The answer must be every line of the records below that holds the word "HaveSomePlans".

[Dataset entries]
'''
//! Jobs of a session, and how one that has done nothing follows the record of a former run.
ghost use Rattle.std.specs.Prelude.{◌≡◌, IfOk, IfSome, None, OnErr, OnOk, Some, true};
ghost use Rattle.std.specs.Arc.{arc_value};
ghost use Rattle.typed_tree.specs.ProgramTree.{ProgramTree};
ghost use Rattle.apply_options.specs.ScheduleTree.{ScheduleTree};
ghost use Rattle.plans.specs.Machine.{step};
ghost use Rattle.plans.specs.Plan.{plan_of};
ghost use Rattle.plans.specs.PlanOf.{IsPlan};
ghost use Rattle.plans.specs.Reducing.{AppliesReduce};
ghost use Rattle.run_state.specs.State.{graph_value};
ghost use Rattle.runner.specs.Job.{stand_of};
ghost use Rattle.runner.specs.Resting.{HasStepped, job_value};
ghost use Rattle.runner.specs.declared.job.Stand.TheVariants.{Ended};
ghost use Rattle.version_list.specs.Machine.{is_kept};
ghost use Rattle.version_records.specs.VersionRecords.{IsPredecessor};
ghost use Rattle.session.specs.inside.Records.{HaveSomePlans, IsRecordOfRun, ServesRuns, StayRecords};

use algorithm_meaning::End;
use flat_snapshot::Flat;
use plans::Plan;
use run_records::{Follower, RunRecord};
use runner::{Job, SerialApplier, Stand};
use std::alloc::{AllocError, Global};
use std::sync::Arc;
use version_list::Versions;
use version_records::{Predecessor, VersionRecords};

/// The number of a job's program, which counts from 1, and that of its version.
#[derive(Clone, Copy)]
pub(crate) struct JobOrigin {
    pub(crate) program: u64,
    pub(crate) version: u64,
}

/// A job, and where it comes from as long as it has done nothing.
#[derive(Drop)]
pub(crate) struct StartedJob {
    pub(crate) origin: Option<JobOrigin>,
    pub(crate) job: Job,
}

/// How a job has ended, and the record of its run, if that was kept.
#[derive(Drop)]
struct RecordedEnd {
    end: End,
    run_record: Option<RunRecord>,
}

impl StartedJob {
    /// Does one instruction, as [`Job::step`] does.
    pub(crate) fn step(
        &mut self,
        alloc: Global,
        alone: &mut SerialApplier,
    ) -> Result<Stand, AllocError>
        ensures steps { OnOk result ((p : ProgramTree) (s : ScheduleTree) → IsPlan self.old.job.plan p s → AppliesReduce p (plan_of p s)
            → self.new.job ≡ job_value self.old.job.plan self.old.job.graph self.old.job.turns (step p (graph_value self.old.job.graph) (plan_of p s) self.old.job.stands)) }
        ensures stand { IfOk result (λ stand. stand ≡ stand_of self.new.job.stands) }
        ensures err { OnErr result (self.new.job ≡ self.old.job) }
        ensures origin { self.new.origin ≡ None }
    {
        self.origin = None;
        self.job.step(alloc, alone)
    }

    /// Does instructions until the run has ended, as [`Job::finish`] does. A job that has done nothing, on a version that is
    /// kept, follows the record of a former run of its program, and the record of its run is kept.
    pub(crate) fn finish(
        &mut self,
        alloc: Global,
        versions: &Versions,
        records: &mut VersionRecords<RunRecord>,
        alone: &mut SerialApplier,
    ) -> Result<End, AllocError>
        requires { HaveSomePlans versions.now.state records.old self.old.job self.old.origin }
        ensures steps { (p : ProgramTree) (s : ScheduleTree) → IsPlan self.old.job.plan p s → AppliesReduce p (plan_of p s)
            → HasStepped p s self.old.job self.new.job }
        ensures end { IfOk result (λ end. stand_of self.new.job.stands ≡ Ended end) }
        ensures records { StayRecords versions.now.state records.old records.new self.old.job self.old.origin }
        ensures origin { self.new.origin ≡ None }
    {
        match self.origin.take() {
            Some(origin) if versions.is_kept(origin.version) => {
                finish_kept(alloc, versions, records, origin, &mut self.job, alone)
            }
            _ => self.job.finish(alloc, alone),
        }
    }
}

/// Finishes a job of a program on a version that is kept, beside the record of a former run if there is one, and keeps the
/// record of its run. If memory is refused for a record, the run has none.
fn finish_kept(
    alloc: Global,
    versions: &Versions,
    records: &mut VersionRecords<RunRecord>,
    origin: JobOrigin,
    job: &mut Job,
    alone: &mut SerialApplier,
) -> Result<End, AllocError>
    requires kept { is_kept versions.now.state origin.version ≡ true }
    requires plans { HaveSomePlans versions.now.state records.old job.old (Some origin) }
    ensures steps { (p : ProgramTree) (s : ScheduleTree) → IsPlan job.old.plan p s → AppliesReduce p (plan_of p s)
        → HasStepped p s job.old job.new }
    ensures end { IfOk result (λ end. stand_of job.new.stands ≡ Ended end) }
    ensures records { StayRecords versions.now.state records.old records.new job.old (Some origin) }
{
    let Ok(plan) = job.plan().clone() else {
        return job.finish(alloc, alone);
    };
    let Ok(graph) = job.graph().clone() else {
        return job.finish(alloc, alone);
    };
    let JobOrigin { program, version } = origin;
    let former = records.predecessor(alloc, versions, program, version);
    match finish_recorded(alloc, job, plan, graph, former) {
        Ok(ended) => {
            let RecordedEnd { end, run_record } = ended;
            records.keep(versions, program, version, run_record);
            Ok(end)
        }
        Err(_) => job.finish(alloc, alone),
    }
}

/// Finishes a job of this plan on this graph that has done nothing, beside the record of a former run if there is one, and makes the
/// record of its run. The only error is out of memory, as of [`Job::finish`].
fn finish_recorded(
    alloc: Global,
    job: &mut Job,
    plan: Arc<Plan>,
    graph: Arc<Flat>,
    former: Option<Predecessor<'_, RunRecord>>,
) -> Result<RecordedEnd, AllocError>
    requires plan { arc_value plan ≡ job.old.plan }
    requires graph { arc_value graph ≡ job.old.graph }
    requires former { IfSome former (IsPredecessor (IsRecordOfRun job.old.plan) job.old.graph) }
    ensures steps { (p : ProgramTree) (s : ScheduleTree) → IsPlan job.old.plan p s → AppliesReduce p (plan_of p s)
        → HasStepped p s job.old job.new }
    ensures end { IfOk result (λ r. stand_of job.new.stands ≡ Ended r.end) }
    ensures kept { IfOk result (λ r. IfSome r.run_record (λ made. IsRecordOfRun job.old.plan made job.old.graph)) }
{
    let mut follower = follower_of(alloc, &former);
    let end = job.finish(alloc, &mut follower)?;
    let run_record = follower.into_record(plan, graph);
    Ok(RecordedEnd { end, run_record })
}

/// One worker who follows the record of a former run, if there is one, and makes a record.
fn follower_of<'a>(
    alloc: Global,
    former: &'a Option<Predecessor<'a, RunRecord>>,
) -> Follower<'a, SerialApplier>
    ensures { ServesRuns former.now result }
{
    let alone = SerialApplier::new(alloc);
    match former {
        None => Follower::of_nothing(alloc, alone),
        Some(former) => Follower::of(alloc, former.run_record, &former.edges, alone),
    }
}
'''
> **SOLUTION TO THIS EXERCISE**
ghost use Rattle.session.specs.inside.Records.{HaveSomePlans, IsRecordOfRun, ServesRuns, StayRecords};
        requires { HaveSomePlans versions.now.state records.old self.old.job self.old.origin }
    requires plans { HaveSomePlans versions.now.state records.old job.old (Some origin) }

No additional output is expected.